● Your instructions: Scan the data beneath this task and copy each line that includes "difference".

● Entries supplied:
※ ※ ※

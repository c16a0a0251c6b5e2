//! Tests of sets of premises.

ghost use Rattle.std.specs.Prelude.{◌<◌};

use pw_premises::PremiseSet;
use std::process::Abort;
use std::test::Fail;

#[test]
fn sets_of_few_premises(rt: HostRuntime) {
    let few = PremiseSet::first(3);
    for (n, within) in [
        (0u16, true),
        (1, true),
        (2, true),
        (3, false),
        (64, false),
        (511, false),
    ] {
        assert!(rt; few.contains(n) == within, "at {n}");
    }
    assert!(rt; PremiseSet::first(0) == PremiseSet::empty());
}

#[test]
fn sets_of_all_premises_and_of_the_last(rt: HostRuntime) {
    let (all, last) = (PremiseSet::first(512), PremiseSet::one(511));
    for (n, in_all, is_last) in [
        (0u16, true, false),
        (63, true, false),
        (64, true, false),
        (447, true, false),
        (511, true, true),
        (512, false, false),
        (65_535, false, false),
    ] {
        assert!(rt; all.contains(n) == in_all, "at {n}");
        assert!(rt; last.contains(n) == is_last, "at {n}");
    }
}

#[test]
fn sets_joined_and_taken_apart(rt: HostRuntime) {
    let (few, last) = (PremiseSet::first(3), PremiseSet::one(511));
    let two = PremiseSet::one(1).join(last);
    let both = few.join(two);
    assert!(rt; few.is_subset(&both) && two.is_subset(&both));
    assert!(rt; !both.is_subset(&few) && !both.is_subset(&two));
    assert!(rt; few.difference(two) == PremiseSet::one(0).join(PremiseSet::one(2)));
    assert!(rt; both.difference(few) == last && few != two);
}

// Checks that sets whose last premise is this one lose it.
fn loses_the_last<R: Abort>(rt: &R, n: u16)
    requires { n < 512 }
{
    let (first, one) = (PremiseSet::first(n + 1), PremiseSet::one(n));
    assert!(rt; first.without(n) == PremiseSet::first(n), "{n}");
    assert!(rt; !one.is_empty() && one.without(n).is_empty(), "{n}");
}

#[test]
fn sets_without_a_premise(rt: HostRuntime) {
    let few = PremiseSet::first(3);
    assert!(rt; few.without(1) == PremiseSet::one(0).join(PremiseSet::one(2)));
    assert!(rt; few.without(3) == few && few.without(512) == few && few.without(65_535) == few);
    for n in [63, 64, 511] {
        loses_the_last(&rt, n);
    }
    assert!(rt; !few.is_empty() && PremiseSet::empty().is_empty());
}

#[test]
fn debug_text(rt: HostRuntime) -> Result<(), Fail> {
    let text = format!(in rt.alloc(); "{:?}", PremiseSet::first(3))?;
    assert_eq!(rt;
        text.as_str(),
        "PremiseSet { words: [7, 0, 0, 0, 0, 0, 0, 0] }"
    );
    Ok(())
}

// Checks the numbers of a set from the front.
fn rises<R: Abort + AllocGlobal>(rt: &R, set: PremiseSet, wanted: &[u16]) -> Result<(), Fail> {
    let mut numbers = Vec::new(rt.alloc());
    for n in set.numbers() {
        numbers.push(n)?;
    }
    assert!(rt; numbers.as_slice() == wanted);
    Ok(())
}

// Checks the numbers of a set from the back.
fn falls<R: Abort + AllocGlobal>(rt: &R, set: PremiseSet, wanted: &[u16]) -> Result<(), Fail> {
    let mut numbers = Vec::new(rt.alloc());
    for n in set.numbers().rev() {
        numbers.push(n)?;
    }
    assert!(rt; numbers.as_slice() == wanted);
    Ok(())
}

#[test]
fn numbers_rise_and_fall_from_the_back(rt: HostRuntime) -> Result<(), Fail> {
    let few = PremiseSet::one(511)
        .join(PremiseSet::one(64))
        .join(PremiseSet::one(63))
        .join(PremiseSet::first(2));
    for (set, rising, falling) in [
        (PremiseSet::empty(), [].as_slice(), [].as_slice()),
        (PremiseSet::one(0), [0].as_slice(), [0].as_slice()),
        (PremiseSet::one(511), [511].as_slice(), [511].as_slice()),
        (
            few,
            [0, 1, 63, 64, 511].as_slice(),
            [511, 64, 63, 1, 0].as_slice(),
        ),
    ] {
        rises(&rt, set, rising)?;
        falls(&rt, set, falling)?;
    }
    assert!(rt; PremiseSet::first(512).numbers().count() == 512);
    Ok(())
}

#[test]
fn numbers_from_both_ends(rt: HostRuntime) {
    let mut left = PremiseSet::first(3).join(PremiseSet::one(400)).numbers();
    assert!(rt; left.next() == Some(0));
    assert!(rt; left.next_back() == Some(400));
    assert!(rt; left.next_back() == Some(2));
    assert!(rt; left.next() == Some(1));
    assert!(rt; left.next() == None);
    assert!(rt; left.next_back() == None);
}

※ ※ ※

● Written answer:
    assert!(rt; few.difference(two) == PremiseSet::one(0).join(PremiseSet::one(2)));
    assert!(rt; both.difference(few) == last && few != two);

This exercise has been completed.